The problem with transference (well, there are MANY problems but this one is major) is you gotta pick a reliable place to transfer the emotions or you're dealing with possible ricochet issues! Lash out at the transfer target, but if you miss that person the shot of hatred and venom fired is bound to hit a close bystander. In my case, the emotion of choice was anger, (Duh.) but transference also occurs when a person needs a place to put a heavy load of love. I had previously had transference training. When Richard and I couldn't have kids right away, I was the best cat and dog Mommy in San Diego County.
I was running out of targets. I feel no need to bore you with the list again. (You're welcome) I was out of targets, but still loaded for bear with ammo. I aimed at my primary transference target via text throughout the month of July. The shots never hit their intended mark and since I could not allow them to become impaled in anyone near me, I adjusted my sights and found an ambitious bull's eye that would surely earn me a conversation with my primary target, Jaymie.
Daddy James has been an active member of the First Baptist Church of Lemon Grove for many years.

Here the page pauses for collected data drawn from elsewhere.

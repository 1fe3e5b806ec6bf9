//! Contents of a store, each read and hashed once.
ghost use Rattle.std.specs.Prelude.{◌≡◌, ℕ, List, Err, IfOk, OnErr, OnOk, Option, Some};
ghost use Rattle.bx_io.specs.Holdings.{Holdings, Keeps, held_in};
ghost use Rattle.content_store.specs.Contents.{IsContent};
ghost use Rattle.two_phase.specs.Calls.{KeeperCall};
ghost use Rattle.two_phase.specs.Finding.{FindsOne};
ghost use Rattle.cache_care_check.specs.Known.{AreRight, Matches, noted_at};

use crate::fault::CareFault;
use bx_digest::{Blob, Digest};
use bx_io::{Got, Keeper};
use content_store::{Fetched, blob_name, content_of};
use std::alloc::{AllocError, Global};
use std::collections::BTreeMap;

/// What was found at the digests that were asked for: the content of each, shared, or that none is held.
#[derive(Drop)]
pub struct KnownContents {
    contents: BTreeMap<Vec<u8>, Option<Blob>>,
}

fn share(found: &Option<Blob>) -> Result<Option<Blob>, AllocError>
    ensures { IfOk result (λ shared. shared ≡ found.now) }
{
    match found {
        Some(blob) => Ok(Some(blob.share()?)),
        None => Ok(None),
    }
}

// What bytes that are held under a digest say: that they are its content, or that none is held.
fn matched(fetched: Fetched) -> Result<Option<Blob>, CareFault>
    ensures { Matches fetched result }
{
    match fetched {
        Fetched::Found(blob) => Ok(Some(blob)),
        Fetched::NotWell => Ok(None),
        Fetched::Fault => Err(CareFault::Failed),
        Fetched::Memory => Err(CareFault::Memory),
    }
}

// The content of a digest that a store holds, hashed.
fn held_content<K: Keeper>(
    alloc: Global,
    keeper: &mut K,
    digest: &Digest,
) -> Result<Option<Blob>, CareFault>
    ensures found { IfOk result (FindsOne (held_in (K.known keeper.new)) (λ S x. IsContent S digest.now x)) }
    ensures known { Keeps (K.known keeper.old) (K.known keeper.new) }
    ensures keeper { KeeperCall (K.bound keeper.old) (K.bound keeper.new) (K.faults keeper.old)
        (K.faults keeper.new) (result ≡ Err CareFault.Failed) }
{
    let name = blob_name(alloc, digest)?;
    match keeper.get(alloc, name.as_str()) {
        Got::Found(bytes) => matched(content_of(alloc, bytes, digest)),
        Got::None => Ok(None),
        Got::Failed => Err(CareFault::Failed),
        Got::Memory => Err(CareFault::Memory),
    }
}

impl KnownContents {
    /// Nothing was asked for yet.
    pub fn new(alloc: Global) -> KnownContents
        ensures { (told : Option Holdings) → AreRight told result }
    {
        KnownContents {
            contents: BTreeMap::new(alloc),
        }
    }

    // Notes what was found at a digest.
    fn note(
        &mut self,
        alloc: Global,
        digest: &Digest,
        found: &Option<Blob>,
    ) -> Result<(), AllocError>
        ensures noted { OnOk result (noted_at self.new digest.now ≡ Some found.now) }
        ensures others { OnOk result ((q : List ℕ) → (digest.now ≡ q → ⊥) → noted_at self.new q ≡ noted_at self.old q) }
        ensures refused { OnErr result ((q : List ℕ) → noted_at self.new q ≡ noted_at self.old q) }
    {
        let key = Vec::from_slice(alloc, digest.bytes())?;
        self.contents.insert(key, share(found)?)?;
        Ok(())
    }

    /// The content of a digest, which is asked for once.
    pub fn get<K: Keeper>(
        &mut self,
        alloc: Global,
        keeper: &mut K,
        digest: &Digest,
    ) -> Result<Option<Blob>, CareFault>
        requires { AreRight (held_in (K.known keeper.old)) self.old }
        ensures found { IfOk result
            (FindsOne (held_in (K.known keeper.new)) (λ S x. IsContent S digest.now x)) }
        ensures right { AreRight (held_in (K.known keeper.new)) self.new }
        ensures known { Keeps (K.known keeper.old) (K.known keeper.new) }
        ensures keeper { KeeperCall (K.bound keeper.old) (K.bound keeper.new) (K.faults keeper.old)
            (K.faults keeper.new) (result ≡ Err CareFault.Failed) }
    {
        if let Some(found) = self.contents.get(digest.bytes()) {
            return Ok(share(found)?);
        }
        let found = held_content(alloc, keeper, digest)?;
        self.note(alloc, digest, &found)?;
        Ok(found)
    }
}
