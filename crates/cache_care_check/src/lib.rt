//! The check of a store: which of its names are damaged, and which of its entries are not honest.
//!
//! Names are gone through in their order, so contents come before entries. Each content is read and hashed once, and
//! of each entry the tool is run once, on the contents that its texts name and on the stored answers. `specs/` says what
//! is found of a name, by the definitions of well-formed names (`memo_format`) and of honest entries
//! (`two_phase_meaning`). This crate depends on `content_store` for names and contents, on `prints` for the texts, and on
//! `run_record` for the run. It carries the promise that a check tells exactly the damaged names and the bad entries, and
//! fails only where the store did.
#![tactic(auto)]

mod checking;
mod describing;
mod fault;
mod judging;
mod known;
mod laws;
mod names;
mod running;
mod surveying;
mod texts;

pub use checking::{CareLine, CareList, check_store, has_bad};
pub use fault::CareFault;
pub use known::KnownContents;
pub use laws::{check_tells, one_finding};
pub use names::{Named, read_name};
pub use surveying::{Finding, Survey, held_entry, names_of, survey_store};
pub use texts::{strong_of, weak_of};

He told me all about the place the day I told him his daughter wasn't the angel he had hoped he spawned. That place would be a veritable Transference Target range!
I really didn't want to go. I never thought I'd go. The idea was too outrageous to comprehend. Sent many texts asking for Jaymie to contact me or else. Sent them to her, sent them to Geek Boy Kevin. They had grown very good at ignoring me.
Saturday night, August 13th, I told Richard where I was going the next day even though, at the time, I still didn't think I'd waste the gas on the 30 minute drive. After DDay, he never told me what to do...or at least he never told me what NOT to do. He was so afraid of my wrath or even worse, my periods of cocooning. He was as needy as a new born. To anger me meant emotional starvation to him.
Richard was an enabler for me during my stay in Crazy Town. He wanted me to have what I said I needed to move forward, a face off with Jaymie. He would have strapped her ass to a target the size of Mt. Rushmore to keep me from aiming at him.
Sunday morning, August 14th, I woke up, showered, dressed and drove south. It was almost like an out of body experience. I didn't wanna go. I had no idea what I'd do when I got there. I drove down the 67 South trying to find the spark of anger in my heart that I had been tending for 10 months, but I couldn't. It had been smothered by a tidal wave of despair.